3. What should happen early?

  1. 1
    At yellow Choose one fast reset: breath, water, stretch, movement, or stepping out briefly.
  2. 2
    At orange Reduce pressure, use a stronger support, and tell a trusted person you need help to regulate.
  3. 3
    At red Stay with trusted adults and follow the support process already named by your kura. Do not carry it alone.

4. Who or what helps at each stage?

My fastest reset

Person I can tell when I hit orange

Place or routine that helps me settle

What my school wants me to do if I hit red

If the thermometer is showing something serious

Urgent support belongs with real people

This page is for noticing and planning. If a student is in an unsafe or crisis state, stop the worksheet and move into the actual support pathway your kura or school has already set up.

Thermometers are most useful when they lead to timely human support.

Ngā Whāinga Akoranga · Learning Intentions

  • Identify personal stress triggers and describe them with specificity
  • Rate stress intensity accurately and track changes over time
  • Connect different stress levels to different coping strategies
  • Recognise the physical, emotional, and social signs of stress in themselves

Paearu Angitu · Success Criteria

  • I can name at least three stress triggers and explain why they raise my temperature
  • I can accurately rate my stress on the thermometer with a brief explanation
  • I have matched different intensity levels to specific coping strategies
  • I can identify physical signs of stress in my body — not just thoughts and feelings

Hononga Marautanga · Curriculum Alignment

Health and Physical Education — Hauora

Level 3–4: Identify and describe the relationship between feelings, thoughts, and actions; develop strategies to maintain and enhance hauora across the four pou of Te Whare Tapa Whā; recognise the impact of connections and relationships on wellbeing.

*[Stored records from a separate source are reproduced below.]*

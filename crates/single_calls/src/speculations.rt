//! The number of MCUs of a file that speculative reads have, and the number of these reads that come into step with it.

ghost use Rattle.std.specs.Prelude.{◌≡◌, ◌<◌, length};
ghost use Rattle.jr_scan.specs.Speculation.{IsSpeculationOf};

use jr_scan::{McuReader, Scan, Speculation};
use jr_work::windows_of;
use std::alloc::Global;
use std::io::Write;

/// The number of MCUs that fit into a speculative read.
const MAX_MCUS: u32 = 4096;

/// The use of speculative reads if a reader reads all intervals of a file with them, one after the other.
#[derive(Clone, Copy)]
pub(crate) struct SpeculationCounts {
    /// The number of speculative reads that are made.
    speculations: u32,
    /// The number of those of which the reader takes an MCU over.
    in_step: u32,
    /// The number of MCUs that it takes over.
    taken_over: u32,
    /// The number of MCUs that it reads itself.
    read: u32,
}

/// Skips the next MCU, and returns whether a speculative read had it. `None` if no whole one follows.
fn pass(reader: &mut McuReader<'_>, speculation: &Speculation) -> Option<bool>
    requires same { IsSpeculationOf reader.old.run.interval speculation.now }
    ensures run { reader.new.run ≡ reader.old.run }
{
    let bit = reader.place().bit;
    if let Some(at) = speculation.find(bit)
        && reader.skip_speculated(speculation, at, 1) == 1
    {
        return Some(true);
    }
    if reader.skip(1) == 1 {
        Some(false)
    } else {
        None
    }
}

/// Skips the MCUs that start before a bit, with a speculative read.
fn pass_by(
    reader: &mut McuReader<'_>,
    speculation: &Speculation,
    to: u64,
    counts: &mut SpeculationCounts,
)
    requires same { IsSpeculationOf reader.old.run.interval speculation.now }
    ensures run { reader.new.run ≡ reader.old.run }
{
    for _mcu in 0..reader.interval().mcus() {
        if reader.place().bit >= to {
            return;
        }
        match pass(reader, speculation) {
            Some(true) => counts.taken_over = counts.taken_over.saturating_add(1),
            Some(false) => counts.read = counts.read.saturating_add(1),
            None => return,
        }
    }
}

/// Returns the bit at which the k-th of some windows of an interval's bits begins.
fn window_start(bits: u64, k: u64, windows: u64) -> u64 {
    bits.saturating_mul(k) / windows.max(1)
}

/// Reads an interval with speculative reads of all its bits but the first ones. `None` if allocation fails.
fn count_interval(
    alloc: Global,
    scan: &Scan,
    number: u32,
    counts: &mut SpeculationCounts,
) -> Option<()>
    requires { number < length scan.now.intervals }
{
    let windows = windows_of(scan, number);
    let bits = 8 * scan.interval_ref(number).bytes().len() as u64;
    let mut reader = McuReader::over(scan.interval_ref(number));
    let mut speculation = Speculation::open(
        alloc,
        &scan.interval_ref(number),
        MAX_MCUS,
        false,
    ).ok()?;
    pass_by(
        &mut reader,
        &speculation,
        window_start(bits, 1, windows),
        counts,
    );
    for k in 1..windows {
        let from = window_start(bits, k, windows);
        let to = window_start(bits, k + 1, windows);
        speculation.read(&scan.interval_ref(number), from, to);
        let before = counts.taken_over;
        pass_by(&mut reader, &speculation, to, counts);
        counts.speculations = counts.speculations.saturating_add(1);
        if counts.taken_over > before {
            counts.in_step = counts.in_step.saturating_add(1);
        }
    }
    Some(())
}

/// Returns the use of speculative reads of a scan's intervals. `None` if allocation fails.
pub(crate) fn speculation_counts(alloc: Global, scan: &Scan) -> Option<SpeculationCounts> {
    let mut counts = SpeculationCounts {
        speculations: 0,
        in_step: 0,
        taken_over: 0,
        read: 0,
    };
    for number in 0..scan.intervals() {
        count_interval(alloc, scan, number, &mut counts)?;
    }
    Some(counts)
}

/// A line of these counts.
pub(crate) fn report_speculations<W: Write>(out: &mut W, counts: &SpeculationCounts) {
    let SpeculationCounts {
        speculations,
        in_step,
        taken_over,
        read,
    } = counts;
    let _ = writeln!(
        out,
        "speculations {speculations}, in step {in_step}, MCUs taken over {taken_over}, read {read}"
    );
}
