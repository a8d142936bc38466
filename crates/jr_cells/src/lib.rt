//! Cells that are set once, by which viewers find finished pieces and strips, and never wait for a decoder; and a desk that hands
//! out the numbers below a limit, each once, to seats that threads own.
//!
//! A look is one atomic load, and a claim one `fetch_add`; `hang` allocates a small box and makes one atomic exchange.
//! There is no lock, and no seat waits for another.
#![tactic(auto)]

mod cells;
mod claims;
mod once;
mod strip_cells;

pub use cells::{Cells, Sight};
pub use claims::{Desk, Drawn, Seat};
pub use strip_cells::{StripCells, StripSight};
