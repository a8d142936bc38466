//! Cells for the strips of one interval, and what a thread has seen of them.

ghost use Rattle.std.specs.Prelude.{◌≡◌, ℕ, ℤ, List, ◌*◌, ◌<◌, ◌≤◌, length, replicate, None, Some, IfOk, IfErr, IfSome, IfNone};
ghost use Rattle.std.specs.Arc.{arc_value};
ghost use Rattle.jr_head.specs.Geometry.{order_of};
ghost use Rattle.jr_scan.specs.Mcus.{Front};
ghost use Rattle.jr_piece.specs.Strips.{IsStrip};
ghost use Rattle.jr_cells.specs.StripSights.{KnowsStrip, KnowsNoStrip, KnowsAllStrips, AgreeOnStrips};

use crate::once::{compare_notes, empty_cells, fresh_notes, get_cell, set_cell};
use jr_base::Memory;
use jr_piece::Strip;
use jr_scan::Interval;
use once_cell::race::{Note, OnceBox};
use std::alloc::Global;
use std::marker::Model;
use std::sync::Arc;

/// Cells for the strips of one interval, one for each `each` MCUs from its first. Each is empty until a strip is
/// published in it, and holds that strip ever after.
///
/// Threads publish and look through a shared `&StripCells`, and none ever waits for another.
#[derive(Drop)]
pub struct StripCells {
    number: u32,
    each: u32,
    cells: Vec<OnceBox<Arc<Strip>>>,
    alloc: Global,
}

impl Model for StripCells {
    ghost use Rattle.std.specs.Prelude.{ℕ, map, length, ◌*◌, ◌<◌, ◌^◌};
    ghost use Rattle.once_cell.specs.Once.{cell_name};
    ghost use Rattle.jr_cells.specs.StripCellsValue.{StripCellsValue};

    ghost Value = { StripCellsValue };

    ghost view = { λ c. record { number = c.number; each = c.each; cells = map cell_name c.cells.items } };

    ghost invariant = { λ c. (0 < c.each) × (length c.cells.items < 2 ^ 32) × ((place : ℕ) → place < length c.cells.items → place * c.each < 2 ^ 32) };
}

/// A record of what one thread has seen of an interval's strips. It has no bytes: it is what a proof knows of each
/// cell.
#[derive(Drop)]
pub struct StripSight {
    number: u32,
    each: u32,
    notes: Vec<Note<Arc<Strip>>>,
}

impl Model for StripSight {
    ghost use Rattle.jr_cells.specs.Notes.{names_of};
    ghost use Rattle.jr_cells.specs.StripCellsValue.{StripCellsValue, StripSightValue};
    ghost use Rattle.jr_cells.specs.StripSights.{strips_of};

    ghost Value = { StripSightValue };

    ghost view = { λ s. record { cells = record { number = s.number; each = s.each; cells = names_of s.notes.items }; strips = strips_of s.number s.each s.notes.items } };
}

impl StripCells {
    /// Allocates empty cells for the strips of an interval, of `each` MCUs each. They are as many as hold the MCUs that
    /// the interval's data can code, so a header that claims more uses no memory. `Err` if allocation fails.
    pub fn open(alloc: Global, interval: &Interval, each: u32) -> Result<StripCells, Memory>
        requires { 0 < each }
        ensures number { IfOk result (λ c. c.number ≡ interval.now.number) }
        ensures each { IfOk result (λ c. c.each ≡ each) }
        ensures enough { IfOk result (λ c. (k : ℕ) (zs : List (List ℤ)) → Front interval.now k zs → k ≤ length c.cells * each) }
        ensures within { IfOk result (λ c. (place : ℕ) → place < length c.cells → place * each < interval.now.mcus) }
        ensures few { IfOk result (λ c. length c.cells * length (order_of interval.now.head) ≤ 4 * length interval.now.bytes) }
    {
        let cells = empty_cells(alloc, interval.most_mcus().div_ceil(each))?;
        Ok(StripCells {
            number: interval.number(),
            each,
            cells,
            alloc,
        })
    }

    /// Returns the number of the interval.
    pub fn number(&self) -> u32
        ensures { result ≡ self.now.number }
    {
        self.number
    }

    /// Returns the number of MCUs of each strip but the last.
    pub fn each(&self) -> u32
        ensures value { result ≡ self.now.each }
        ensures some { 0 < result }
    {
        self.each
    }

    /// Returns the number of cells.
    pub fn count(&self) -> u32
        ensures { result ≡ length self.now.cells }
    {
        self.cells.len() as u32
    }

    /// Returns a sight of these cells that knows nothing. `Err` if allocation fails.
    pub fn sight(&self) -> Result<StripSight, Memory>
        ensures cells { IfOk result (λ s. s.cells ≡ self.now) }
        ensures nothing { IfOk result (λ s. s.strips ≡ replicate (length self.now.cells) None) }
    {
        let notes = fresh_notes(self.alloc, self.cells.as_slice())?;
        Ok(StripSight {
            number: self.number,
            each: self.each,
            notes,
        })
    }

    /// Publishes the strip that begins with MCU `place * each` in the cell of this index. On `Err` the cell is full or
    /// allocation failed, and the strip is returned.
    pub fn hang(
        &self,
        place: u32,
        strip: Arc<Strip>,
        sight: &mut StripSight,
    ) -> Result<(), Arc<Strip>>
        requires cell { place < length self.now.cells }
        requires sight { sight.old.cells ≡ self.now }
        requires number { (arc_value strip).interval.number ≡ self.now.number }
        requires first { (arc_value strip).first ≡ place * self.now.each }
        ensures cells { sight.new.cells ≡ sight.old.cells }
        ensures later { KnowsAllStrips sight.old sight.new }
        ensures ok { IfOk result (λ _. KnowsStrip sight.new place (arc_value strip)) }
        ensures err { IfErr result (λ back. back ≡ strip) }
    {
        let cells = self.cells.as_slice();
        set_cell(self.alloc, cells, place as usize, strip, &mut sight.notes)
    }

    /// Returns the strip in the cell of this index, `None` while the cell is empty. A thread that saw a strip in a cell
    /// finds it there ever after, and by `strip_is_final` each piece of its interval shows the strip's samples at its
    /// MCUs.
    pub fn look<'a>(&'a self, place: u32, sight: &mut StripSight) -> Option<&'a Strip>
        requires cell { place < length self.now.cells }
        requires sight { sight.old.cells ≡ self.now }
        ensures cells { sight.new.cells ≡ sight.old.cells }
        ensures later { KnowsAllStrips sight.old sight.new }
        ensures some { IfSome result (λ s. KnowsStrip sight.new place s.now) }
        ensures number { IfSome result (λ s. s.now.interval.number ≡ self.now.number) }
        ensures first { IfSome result (λ s. s.now.first ≡ place * self.now.each) }
        ensures strip { IfSome result (λ s. IsStrip s.now) }
        ensures none { IfNone result ((sight.new ≡ sight.old) × KnowsNoStrip sight.old place) }
    {
        let cells = self.cells.as_slice();
        let strip: &Strip = get_cell(cells, place as usize, &mut sight.notes)?;
        strip.assert_invariant();
        if strip.number() != self.number || strip.first() != place * self.each {
            return None;
        }
        Some(strip)
    }

    /// Two sights of these cells agree on each cell of which both know the strip. Neither is changed.
    pub fn agree(&self, one: &mut StripSight, two: &mut StripSight)
        requires { (one.old.cells ≡ self.now) × (two.old.cells ≡ self.now) }
        ensures same { (one.new ≡ one.old) × (two.new ≡ two.old) }
        ensures agree { AgreeOnStrips one.old two.old }
    {
        compare_notes(&mut one.notes, &mut two.notes);
    }
}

Social Sciences — Tikanga ā-Iwi

Level 3–4: Understand how cultural practices and values shape identity and wellbeing; recognise the role of community and whānau in supporting individuals; explore how Indigenous frameworks offer ways of understanding health that are distinct from Western biomedical models.

Aronga Mātauranga Māori

Māori understandings of stress and pressure include concepts that Western frameworks often miss: the weight of tapu (restriction and sacred obligation), the strain of disconnection from turangawaewae (one's place of standing), and the toll of being unable to express one's cultural identity without cost. A stress thermometer used in an Aotearoa classroom should invite students to name these sources of pressure too — not just academic deadlines and social conflict. Recognising the full range of stressors means ākonga can seek the full range of support, including cultural reconnection as a pathway to wellbeing.

Ngā Rauemi Tautoko · Support Materials

Tuhia ōu whakaaro · Write Your Thoughts

What is your stress level right now on the thermometer? What is causing it — and what would bring it down?